I tried my best to think of a name of this question, I'll change it if I can get some terminology to help

Best way I can describe it is this

obj1 = {
    "a":{"var":1},
    "b":{"var":2},
    "c":{"var":3}
}

// What's the difference between
resulta = obj1['a']['var']

// and...
resultb = obj1.a.var

So, what's the difference between using [''] and . ?

I realize you can only use . to run functions, but is that the only difference?

Is one method faster than the other? (even a little?)

nnnnnn
  • 147,572
  • 30
  • 200
  • 241
iNk
  • 83
  • 11
  • 1
    You can call functions using array accessors: `var obj = {someFunc: function() { console.log('hi'); }};` - `obj['someFunc']();` works just fine. – dontGoPlastic May 14 '12 at 22:17

3 Answers3

1

The first method with square brackets is handy if you're dynamically building your object's property keys:

var myDynamicKey = "a";
var result = obj[myDynamicKey]["var"];
var result = obj["someOtherKey_" + myDynamicKey]["var"];

The second one is definitely preferred if you know what the properties are in advance.

Note you can mix and match them:

var result = obj[myDynamicKey].var;

I'd be willing to bet that accessing properties using dot notation is faster, but I have no actual data to support that.

dontGoPlastic
  • 1,772
  • 14
  • 22
1

If you use the [''] then you can pass the name of the key in as a dynamic variable... which can change at run time.

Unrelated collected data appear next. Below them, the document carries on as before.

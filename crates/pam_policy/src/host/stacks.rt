//! The stacks of a host, and what is known of their modules.

use pam_conf::{ConfError, Files, Kind, Stack};
use pam_facts::known::Tables;
use pam_facts::settings::Setting;
use pam_graph::Graph;
use pam_paths::Known;
use pam_text::Texts;

/// Whose login the tables are asked about. A remote host or terminal that is not given is empty, and so is the user where no table is
/// asked.
#[derive(Clone, Copy)]
pub struct Visitor<'a> {
    pub user: &'a [u8],
    pub rhost: &'a [u8],
    pub tty: &'a [u8],
}

/// What the stacks of a host are found from.
#[derive(Clone, Copy)]
pub struct HostSources<'x> {
    pub files: &'x Files,
    pub visitor: Visitor<'x>,
    /// What gives the answers of modules, the facts included.
    pub tables: &'x Tables<'x>,
    /// Each is for the modules of a name. Of several for one, the last counts.
    pub settings: &'x [Setting<'x>],
}

/// A stack, the answers that its modules may give, and its runs with these.
#[derive(Drop)]
pub struct KnownStack {
    pub stack: Stack,
    pub known: Known,
    pub graph: Graph,
}

/// What is known of the stacks of a class.
#[derive(Drop)]
pub enum ClassStack {
    /// They are refused for this fault.
    Refused(ConfError),
    /// Their runs come to more places than a graph may have.
    TooLarge,
    /// The stack of the first place of the class. The others have the same items, with other files and lines, and the same answers.
    Known(KnownStack),
}

/// Stacks of a kind that have the same items and the same answers, or are refused for the same fault.
#[derive(Drop)]
pub struct StackClass {
    pub kind: Kind,
    pub stack: ClassStack,
}

/// The stack of a service for a kind.
#[derive(Clone, Copy)]
pub struct HostPlace {
    /// The position of the service in the list of services.
    pub service: usize,
    pub kind: Kind,
    /// The position of its class.
    pub class: usize,
}

/// The stacks of a host.
#[derive(Drop)]
pub struct HostStacks {
    /// As `pam_conf::services_in` lists them.
    pub services: Texts,
    /// Each service with each kind, in the order of services and then of kinds.
    pub places: Vec<HostPlace>,
    /// In the order of their first places.
    pub classes: Vec<StackClass>,
}
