//! Why the stacks of a host are not found.

use pam_facts::known::KnownError;
use std::alloc::{AllocError, AllocFailed};
use thiserror::Error;

/// Why the stacks of a host are not found.
#[derive(Clone, Copy, Debug, PartialEq, Eq, Error)]
pub enum StacksError {
    /// A fault of a table.
    #[error(transparent)]
    Known(KnownError),
    #[error("no memory")]
    Memory,
}

impl<T: Drop> From<AllocFailed<T>> for StacksError {
    ghost use Rattle.std.specs.Prelude.{◌≡◌};
    ghost use Rattle.pam_policy.specs.declared.host.error.StacksError.TheVariants.{Memory};

    ghost from_gives = { λ _ error. error ≡ Memory };

    fn from(_: AllocFailed<T>) -> StacksError {
        StacksError::Memory
    }
}

impl From<AllocError> for StacksError {
    ghost use Rattle.std.specs.Prelude.{◌≡◌};
    ghost use Rattle.pam_policy.specs.declared.host.error.StacksError.TheVariants.{Memory};

    ghost from_gives = { λ _ error. error ≡ Memory };

    fn from(_: AllocError) -> StacksError {
        StacksError::Memory
    }
}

If you use the .key.key method, then you have to know at build time what the keys are.

Example:

var keys = ['name','phone','email'];
var object = {"name": ,"phone": , "email"};
function updateKeys(name,phone,email){
    for(var i = 0; i < keys; i++){
        object[keys[i]] = arguments[i]
    }
}

vs

function updateKeys(name, phone, email){
    object.name = name; 
    object.phone = phone;
    object.email = email
}

The [''] way is much more flexible and allows for more code resuse. Most libraries will use this, or some homegrown replacement of the [''] way of doing things.

frosty
  • 21,036
  • 7
  • 52
  • 74
0

There are various websites with information about this.

http://www.quirksmode.org/js/associative.html
or
http://www.hunlock.com/blogs/Mastering_JSON_(_JavaScript_Object_Notation_)
or
http://www.mongodb.org/display/DOCS/Dot+Notation+(Reaching+into+Objects)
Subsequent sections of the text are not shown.